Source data
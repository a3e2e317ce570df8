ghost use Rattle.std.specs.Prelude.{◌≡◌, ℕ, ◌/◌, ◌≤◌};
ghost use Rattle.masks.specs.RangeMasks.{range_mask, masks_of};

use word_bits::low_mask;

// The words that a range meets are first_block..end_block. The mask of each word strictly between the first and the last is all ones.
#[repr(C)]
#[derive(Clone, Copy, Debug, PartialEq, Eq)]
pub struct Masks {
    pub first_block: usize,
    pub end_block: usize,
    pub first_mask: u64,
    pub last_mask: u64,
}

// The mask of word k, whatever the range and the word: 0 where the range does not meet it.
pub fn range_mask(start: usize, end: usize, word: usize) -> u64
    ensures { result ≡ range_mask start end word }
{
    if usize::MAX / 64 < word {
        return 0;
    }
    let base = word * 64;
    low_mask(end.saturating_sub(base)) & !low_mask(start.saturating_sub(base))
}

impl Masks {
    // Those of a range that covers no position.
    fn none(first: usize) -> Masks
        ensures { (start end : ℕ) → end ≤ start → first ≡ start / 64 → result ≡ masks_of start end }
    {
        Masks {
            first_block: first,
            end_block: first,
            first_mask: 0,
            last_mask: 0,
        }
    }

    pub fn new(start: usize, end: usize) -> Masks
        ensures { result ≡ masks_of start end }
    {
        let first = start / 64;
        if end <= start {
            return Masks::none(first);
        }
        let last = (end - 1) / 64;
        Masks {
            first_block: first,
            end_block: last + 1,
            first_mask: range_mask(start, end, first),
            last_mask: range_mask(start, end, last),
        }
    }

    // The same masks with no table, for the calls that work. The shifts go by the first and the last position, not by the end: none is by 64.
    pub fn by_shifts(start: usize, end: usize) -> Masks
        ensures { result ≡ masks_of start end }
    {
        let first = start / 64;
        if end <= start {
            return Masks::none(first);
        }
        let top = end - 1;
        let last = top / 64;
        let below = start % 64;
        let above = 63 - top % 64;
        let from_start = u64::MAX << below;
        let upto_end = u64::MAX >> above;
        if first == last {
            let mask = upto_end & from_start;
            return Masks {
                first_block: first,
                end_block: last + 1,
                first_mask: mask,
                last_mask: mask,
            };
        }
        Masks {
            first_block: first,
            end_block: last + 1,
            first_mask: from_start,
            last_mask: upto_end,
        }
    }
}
--
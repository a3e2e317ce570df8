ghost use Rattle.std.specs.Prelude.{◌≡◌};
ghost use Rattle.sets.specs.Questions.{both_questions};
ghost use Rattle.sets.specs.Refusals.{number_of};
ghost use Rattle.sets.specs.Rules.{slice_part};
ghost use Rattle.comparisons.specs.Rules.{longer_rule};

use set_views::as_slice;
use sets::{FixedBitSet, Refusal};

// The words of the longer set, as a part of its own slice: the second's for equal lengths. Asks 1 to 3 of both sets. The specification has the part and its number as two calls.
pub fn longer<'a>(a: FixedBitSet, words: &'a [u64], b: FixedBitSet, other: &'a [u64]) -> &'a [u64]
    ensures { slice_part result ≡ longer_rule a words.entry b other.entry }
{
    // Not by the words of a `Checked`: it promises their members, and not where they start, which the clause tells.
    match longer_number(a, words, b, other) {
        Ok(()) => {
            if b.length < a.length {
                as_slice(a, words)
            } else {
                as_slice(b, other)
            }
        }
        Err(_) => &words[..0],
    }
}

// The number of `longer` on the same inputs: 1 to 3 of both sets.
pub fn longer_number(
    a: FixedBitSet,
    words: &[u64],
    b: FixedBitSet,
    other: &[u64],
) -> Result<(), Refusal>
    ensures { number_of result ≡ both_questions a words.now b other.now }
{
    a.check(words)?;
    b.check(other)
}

## Exercise directions:
Of the lines above, extract only those from the line with "as two calls." to the line with "a.check(words)?;", both included, exactly as written.

## Task result:
// The words of the longer set, as a part of its own slice: the second's for equal lengths. Asks 1 to 3 of both sets. The specification has the part and its number as two calls.
pub fn longer<'a>(a: FixedBitSet, words: &'a [u64], b: FixedBitSet, other: &'a [u64]) -> &'a [u64]
    ensures { slice_part result ≡ longer_rule a words.entry b other.entry }
{
    // Not by the words of a `Checked`: it promises their members, and not where they start, which the clause tells.
    match longer_number(a, words, b, other) {
        Ok(()) => {
            if b.length < a.length {
                as_slice(a, words)
            } else {
                as_slice(b, other)
            }
        }
        Err(_) => &words[..0],
    }
}

// The number of `longer` on the same inputs: 1 to 3 of both sets.
pub fn longer_number(
    a: FixedBitSet,
    words: &[u64],
    b: FixedBitSet,
    other: &[u64],
) -> Result<(), Refusal>
    ensures { number_of result ≡ both_questions a words.now b other.now }
{
    a.check(words)?;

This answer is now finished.